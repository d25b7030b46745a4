// What is shown of the numbers of a server.
use crate::{Kind, Outcome};
use std::alloc::Global;

/// What the journal of a namespace has.
#[derive(Clone, Copy, PartialEq, Eq, Drop)]
pub struct JournalSizes {
    /// The number of its last record: all that were ever written count.
    pub records: u64,
    /// How many bytes its file has.
    pub bytes: u64,
    /// How often its records were synced since the server began, two times a group of them; a checkpoint's own syncs don't
    /// count.
    pub syncs: u64,
}

/// So many calls of a kind were answered so.
#[derive(Clone, Copy, PartialEq, Eq, Drop)]
pub struct Counted {
    pub kind: Kind,
    pub outcome: Outcome,
    pub count: u64,
}

/// So many calls took at most so long.
#[derive(Clone, Copy, PartialEq, Eq, Drop)]
pub struct Bucket {
    /// In microseconds.
    pub most: u64,
    /// With those of lesser buckets.
    pub count: u64,
}

/// The numbers of a server at some moment. Those that others change meanwhile may be of slightly different moments.
#[derive(Drop)]
pub struct Numbers {
    /// For how long it has run, in ms.
    pub uptime_ms: u64,
    /// How many threads serve connections.
    pub threads: u64,
    /// How many connections it serves at once, at most.
    pub workers: u64,
    /// How many connections there are now.
    pub connections: u64,
    /// How many calls wait for a message, or for a session.
    pub waiting: u64,
    pub journal: JournalSizes,
    /// The kinds and outcomes of which there were calls.
    pub calls: Vec<Counted>,
    /// How long calls took, by rising bounds.
    pub spent: Vec<Bucket>,
    /// How long all calls took together, in microseconds.
    pub spent_micros: u64,
    /// How many calls there were.
    pub called: u64,
}

impl Numbers {
    /// All of them 0, for who shows none. It takes no memory.
    pub fn none(alloc: Global) -> Numbers {
        Numbers {
            uptime_ms: 0,
            threads: 0,
            workers: 0,
            connections: 0,
            waiting: 0,
            journal: JournalSizes {
                records: 0,
                bytes: 0,
                syncs: 0,
            },
            calls: Vec::new(alloc),
            spent: Vec::new(alloc),
            spent_micros: 0,
            called: 0,
        }
    }
}
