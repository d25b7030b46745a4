//! The numbers of a running server: what it has done, how long that took, and what it does now.
//!
//! A [`Board`] has them while the server runs; threads share it, and whoever does something tells it. What it shows of
//! them is [`Numbers`]. No clause says what they are: nothing that the namespace does depends on them.
//!
//! ```text
//! let board = Board::new(alloc)?;
//! board.opened();
//! board.called(Kind::Send, Outcome::Done, 240); // it took so many microseconds
//! board.ended();
//! let numbers = board.numbers(alloc, now_ms)?;
//! ```
#![tactic(auto)]

mod board;
mod kind;
mod numbers;
mod words;

pub use board::Board;
pub use kind::{Kind, Outcome};
pub use numbers::{Bucket, Counted, JournalSizes, Numbers};

/// The version of the program.
pub const VERSION: &str = "0.1.0";
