// The words by which kinds and outcomes are shown.
ghost use Rattle.std.specs.Prelude.{◌≡◌};
ghost use Rattle.sb_numbers.specs.Words as words;

use crate::{Kind, Outcome};

impl Kind {
    /// The word that a script line has at `do` for such a call.
    pub fn word(&self) -> &'static str
        ensures { result.now ≡ words.kind_word self.now }
    {
        match self {
            Kind::CreateQueue => "create-queue",
            Kind::CreateTopic => "create-topic",
            Kind::CreateSubscription => "create-subscription",
            Kind::CreateRule => "create-rule",
            Kind::Delete => "delete",
            Kind::DeleteRule => "delete-rule",
            Kind::Send => "send",
            Kind::Cancel => "cancel",
            Kind::Receive => "receive",
            Kind::ReceiveDeferred => "receive-deferred",
            Kind::Complete => "complete",
            Kind::Abandon => "abandon",
            Kind::Defer => "defer",
            Kind::DeadLetter => "dead-letter",
            Kind::Renew => "renew",
            Kind::Accept => "accept",
            Kind::SessionRenew => "session-renew",
            Kind::SessionClose => "session-close",
            Kind::SessionSet => "session-set",
            Kind::SessionState => "session-state",
            Kind::Begin => "begin",
            Kind::Commit => "commit",
            Kind::Rollback => "rollback",
            Kind::Together => "together",
            Kind::ForgetClient => "forget-client",
            Kind::Peek => "peek",
            Kind::Counts => "counts",
            Kind::List => "list",
            Kind::Describe => "describe",
            Kind::Sessions => "sessions",
            Kind::Transactions => "transactions",
            Kind::Clients => "clients",
        }
    }
}

impl Outcome {
    pub fn word(&self) -> &'static str
        ensures { result.now ≡ words.outcome_word self.now }
    {
        match self {
            Outcome::Done => "done",
            Outcome::Empty => "empty",
            Outcome::Kept => "kept",
            Outcome::Refused => "refused",
        }
    }
}
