// The functions that `vobsub_c_c` exports for C and Rust, thin over those of the layers: an answer is its refusal, 0 where there is none, and its
// value goes where the caller says, which is as found on a refusal.
// Each is a `match` of its own: an inner function with `?` would state every clause a second time, and `map` with a closure that stores says
// nothing of what is lent on a refusal. An array that is a field goes through a variable, as the borrow checker asks.
#![tactic(auto)]

ghost use Rattle.grammar.specs.Reading.{wanted};
ghost use Rattle.vobsub_model.specs.Call.{lent};
ghost use Rattle.vobsub_c.specs.Answers.{BandsGiven, UnitExtracted, UnitUndisturbed, FieldDecoded, BodyFound, UnitDecoded, UnitWritten, IndexGiven, CueGiven, CueDecoded, CueUndisturbed};

use outcome::Refusal;
use ps_model::UnitAt;
use vobsub_numbers::{
    cue_numbers_of, idx_numbers_of, numbers_of, shown_numbers_of, shown_times_of,
};

// The bands in a payload, as words with 0 after them, and how many words they take.
// Ruled out: a count set on a refusal; an array written on a refusal.
pub fn vobsub_parse_chg_colcon_payload(
    payload: &[u8],
    bands: &mut [u16; 1536],
    count: &mut usize,
) -> u8
    ensures { BandsGiven payload.now bands.old count.old result bands.new count.new }
{
    match chg_colcon::parse_chg_colcon_payload(payload, bands) {
        Ok(n) => {
            *count = n;
            0
        }
        Err(refusal) => refusal.number(),
    }
}

// The unit of a stream at a position of the file, its length, and whether it is in the front of scratch (1) or in the
// file (0).
// Ruled out: a length set on a refusal; a unit in scratch that is said to be in the file.
pub fn vobsub_extract_spu(
    file: &[u8],
    position: usize,
    stream: usize,
    scratch: &mut [u8],
    length: &mut usize,
    joined: &mut u8,
) -> u8
    ensures { UnitExtracted file.now position stream scratch.old length.old joined.old result scratch.new length.new joined.new
        × UnitUndisturbed file.now position stream scratch.old length.old joined.old result scratch.new length.new joined.new }
{
    match ps::extract_spu(file, position, stream, scratch) {
        Ok(UnitAt::Bare(n)) => {
            *length = n;
            *joined = 0;
            0
        }
        Ok(UnitAt::Joined(n)) => {
            *length = n;
            *joined = 1;
            0
        }
        Err(refusal) => refusal.number(),
    }
}

// Where the body of a PES starts.
// Ruled out: a place set where there is no body; the body's length for its place.
pub fn vobsub_parse_pes_body(pes: &[u8], body: &mut usize) -> u8
    ensures { BodyFound pes.now body.old result body.new }
{
    match packets::parse_pes_body(pes) {
        Some(rest) => {
            *body = pes.len() - rest.len();
            0
        }
        None => Refusal::NoUnit.number(),
    }
}

// The rows start_row, start_row + 2, .. of a map of that width and height, how many codes they have, and how many of
// them are clipped.
// Ruled out: a number set on a refusal; the numbers in each other's place; rows of the other field painted.
pub fn vobsub_decode_rle_field(
    field: &[u8],
    width: usize,
    height: usize,
    start_row: usize,
    pixels: &mut [u8],
    codes: &mut usize,
    clipped: &mut usize,
) -> u8
    ensures { FieldDecoded field.now width height start_row pixels.old codes.old clipped.old result pixels.new codes.new clipped.new }
{
    match rle::decode_rle_field(field, width, height, start_row, pixels) {
        Ok(counts) => {
            *codes = counts.codes;
            *clipped = counts.clipped;
            0
        }
        Err(refusal) => refusal.number(),
    }
}

// A unit's picture as colour numbers in the front of `pixels`, its bands as words with 0 after them, and the numbers of
// its record.
// Ruled out: a record stored on a refusal; a unit accepted whose record is left as found.
pub fn vobsub_parse_and_decode_spu(
    unit: &[u8],
    pixels: &mut [u8],
    bands: &mut [u16; 1536],
    numbers: &mut [usize; 17],
) -> u8
    ensures { UnitDecoded unit.now pixels.old bands.old numbers.old result pixels.new bands.new numbers.new }
{
    match spu::parse_and_decode_spu(unit, pixels) {
        Ok(record) => {
            let words = record.bands;
            *bands = words;
            *numbers = numbers_of(record.spu);
            0
        }
        Err(refusal) => refusal.number(),
    }
}

// A picture as a unit in the front of `out`, and the unit's length.
// Ruled out: a length set on a refusal; bytes behind the unit changed.
pub fn vobsub_build_demo_spu(
    width: usize,
    height: usize,
    indices: &[u8],
    out: &mut [u8],
    length: &mut usize,
) -> u8
    ensures { UnitWritten width height indices.now out.old length.old result out.new length.new }
{
    match demo::build_demo_spu(width, height, indices, out) {
        Ok(n) => {
            *length = n;
            0
        }
        Err(refusal) => refusal.number(),
    }
}

// Size, palette and cues of an index text: start and position of each cue go to the front of the lent buffers.
// Ruled out: a palette or a size stored on a refusal; a text accepted whose palette is left as found.
pub fn vobsub_parse_idx(
    text: &[u8],
    starts: &mut [i64],
    positions: &mut [u32],
    palette: &mut [u8; 48],
    numbers: &mut [usize; 4],
) -> u8
    ensures { IndexGiven text.now starts.old positions.old palette.old numbers.old result starts.new positions.new palette.new numbers.new }
{
    match idx::parse_idx(text, starts, positions) {
        Ok(index) => {
            let colours = index.palette;
            *palette = colours;
            *numbers = idx_numbers_of(index);
            0
        }
        Err(refusal) => refusal.number(),
    }
}

// One cue of an index text: its start, its other numbers, and the text's palette.
// Ruled out: a start set on a refusal; the duration for the start.
pub fn vobsub_pick_cue(
    text: &[u8],
    cue: usize,
    start: &mut i64,
    palette: &mut [u8; 48],
    numbers: &mut [u64; 4],
) -> u8
    ensures { CueGiven text.now cue start.old palette.old numbers.old result start.new palette.new numbers.new }
{
    match idx::pick_cue(text, cue) {
        Ok(picked) => {
            let colours = picked.palette;
            *start = picked.start.0;
            *palette = colours;
            *numbers = cue_numbers_of(picked);
            0
        }
        Err(refusal) => refusal.number(),
    }
}

// One cue of a title in one stream, from index text and file: its canvas in the front of `canvas`, its index map in the
// front of `pixels`, its unit in the front of `scratch` where packets hold it, its start with its show and hide times,
// and its other numbers.
// Ruled out: times or numbers set on a refusal; a canvas whose times are left as found.
pub fn vobsub_decode_cue(
    text: &[u8],
    file: &[u8],
    cue: usize,
    stream: usize,
    scratch: &mut [u8],
    pixels: &mut [u8],
    canvas: &mut [u8],
    times: &mut [i64; 3],
    numbers: &mut [u64; 13],
) -> u8
    ensures { CueDecoded text.now file.now (wanted cue stream) (lent scratch.old pixels.old canvas.old) times.old numbers.old result (lent scratch.new pixels.new canvas.new) times.new numbers.new
        × CueUndisturbed text.now file.now (wanted cue stream) (lent scratch.old pixels.old canvas.old) times.old numbers.old result (lent scratch.new pixels.new canvas.new) times.new numbers.new }
{
    match vobsub::decode_cue(text, file, cue, stream, scratch, pixels, canvas) {
        Ok(s) => {
            *times = shown_times_of(s);
            *numbers = shown_numbers_of(s);
            0
        }
        Err(refusal) => refusal.number(),
    }
}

■ **ACTION ITEM**:
Give an exact copy of the lines above, from the top of the records to the line that contains "were answered so.", taking in both ends.

■ **EXERCISE RESULT**:
repository d25b7030b46745a4
// What is shown of the numbers of a server.
use crate::{Kind, Outcome};
use std::alloc::Global;

/// What the journal of a namespace has.
#[derive(Clone, Copy, PartialEq, Eq, Drop)]
pub struct JournalSizes {
    /// The number of its last record: all that were ever written count.
    pub records: u64,
    /// How many bytes its file has.
    pub bytes: u64,
    /// How often its records were synced since the server began, two times a group of them; a checkpoint's own syncs don't
    /// count.
    pub syncs: u64,
}

/// So many calls of a kind were answered so.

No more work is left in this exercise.